Design a Real-Time Chat System
Company: Uber
Role: Software Engineer
Category: System Design
Difficulty: medium
Interview Round: Onsite
## Design a Real-Time Chat System
Design the backend for a real-time one-to-one and group messaging application (think a 1:1 and small-group chat product like a WhatsApp- or Slack-style messenger). Users can send text messages to other users or to a group, see messages appear in near real time, see delivery and read state, and read their full message history when they come back online — including any messages that arrived while they were disconnected.
The interview deliberately drills into the **communication layer**: what network protocol and transport you use between client and server to push messages in real time, and why you chose it over the alternatives. Be prepared to justify the transport choice, how you maintain the live connection, and how a sender's message reaches an offline recipient who later reconnects.
```hint Where to start
Separate the two hard sub-problems: (1) the *real-time delivery* path — how a message gets pushed to an online recipient with low latency — and (2) the *durability / catch-up* path — how messages are stored so an offline recipient can fetch what they missed. They are answered by different components.
```
```hint Transport choice
The interviewer wants the trade-off between a long-lived bidirectional connection (e.g. **WebSocket**) and request/response polling (short polling, long polling, SSE). Anchor your answer in: server-initiated push, latency, connection overhead, and how each behaves through proxies/load balancers and on mobile radios.
```
```hint Offline delivery
An online recipient is reached over their live connection; an offline one is not. You need a per-user durable inbox or a message log keyed by conversation plus a "last delivered/last read" cursor, so a reconnecting client can pull the gap. Think about which datastore gives you cheap append + range-read by conversation and time.
```
### Constraints & Assumptions
State and defend your own numbers; reasonable working assumptions for this exercise:
- ~50M daily active users; a few hundred thousand to ~1M concurrent live connections at peak.
- Each user sends on the order of tens of messages per day; system peak on the order of ~100k messages/second.
- Messages are small (text, a few hundred bytes); media is uploaded out-of-band to blob storage and only a reference travels through chat.
- Target end-to-end delivery latency for online users in the low hundreds of milliseconds (p99).
- Messages must be durable and ordered within a conversation; no message may be silently lost.
- Groups are small-to-medium (up to a few hundred members), not broadcast-scale channels.
- Single-region reasoning is acceptable as a baseline; note what changes for multi-region.
### Clarifying Questions to Ask
- What is the read/write balance and the target latency — is this optimized for live delivery, history fetch, or both equally?
- Do we need 1:1 only, or also group chat, and how large can a group get? (Fan-out cost scales with group size.)
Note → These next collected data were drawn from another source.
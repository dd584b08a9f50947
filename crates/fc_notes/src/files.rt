//! Files of several boards: lines of dashes part them.
ghost use Rattle.std.specs.Prelude.{◌≡◌, ℕ, ◌+◌, ◌<◌, ◌≤◌};
ghost use Rattle.std.specs.Iterator.{YieldsFirstBy, item_count};
ghost use Rattle.fc_notes.specs.File.{listed_boards};
ghost use Rattle.fc_notes.specs.Listed.{IsCountable, boards_left, listed_of};

use crate::file_lines::{is_blank, split_part};

/// One of a file's boards.
#[derive(Clone, Copy, Debug)]
pub struct ListedBoard<'a> {
    /// Its text, with the ends of its lines.
    pub text: &'a [u8],
    /// How many lines of the file stand above it.
    pub above: usize,
}

/// The boards of a file, in their order: what stands between lines of dashes, where it has more than blanks.
#[derive(Debug, Drop)]
pub struct ListedBoards<'a> {
    // What is left, and how many lines stand above it.
    rest: &'a [u8],
    above: usize,
}

impl<'a> ListedBoards<'a> {
    /// The boards of a file with this text. A line of three dashes or more, with blanks about them, parts them.
    pub fn of(text: &'a [u8]) -> ListedBoards<'a>
        ensures boards { boards_left result ≡ listed_boards text.now }
        ensures countable { IsCountable result }
    {
        ListedBoards {
            rest: text,
            above: 0,
        }
    }
}

impl<'a> Iterator for ListedBoards<'a> {
    type Item = ListedBoard<'a>;

    ghost can_next = { IsCountable };

    ghost next_gives = { YieldsFirstBy listed_of boards_left };

    ghost remaining = { item_count boards_left };

    fn next(&mut self) -> Option<ListedBoard<'a>> {
        while !self.rest.is_empty() {
            let above = self.above;
            let (text, lines, rest) = split_part(self.rest);
            self.rest = rest;
            self.above += lines;
            if !is_blank(text) {
                return Some(ListedBoard { text, above });
            }
        }
        None
    }
}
- What delivery semantics are required — at-least-once with client-side dedup, or exactly-once? Do we need ordering guarantees per conversation?
- Which presence/receipt features are in scope: online/last-seen, "delivered", "read", and typing indicators?
- Is end-to-end encryption a requirement, or is transport-layer (TLS) encryption with server-side storage acceptable?
- What is the device model — one device per user, or multiple devices that must all stay in sync?
### What a Strong Answer Covers
```premium-lock What a Strong Answer Covers
```
### Follow-up Questions
- Walk through exactly what happens, component by component, when user A sends a message to user B while B is offline and then B reconnects 10 minutes later.
- The interviewer pushed on the transport: defend WebSocket over HTTP long polling and over Server-Sent Events for this workload. When would you actually prefer SSE or long polling?
- How do you guarantee per-conversation ordering and deduplicate retried sends so a flaky mobile client never shows a message twice or out of order?
- How does the design change for a group with 200 members — do you fan out on write or on read, and what is the cost of each?
- How do you scale the stateful connection tier and route a message to the specific server that currently holds the recipient's socket?
Quick Answer: This system design question tests a candidate's ability to architect a scalable real-time messaging platform, focusing on transport protocol selection and the trade-offs between live delivery and durable offline catch-up. It evaluates practical knowledge of distributed systems concepts including WebSocket vs. polling strategies, stateful connection management, and message persistence at scale.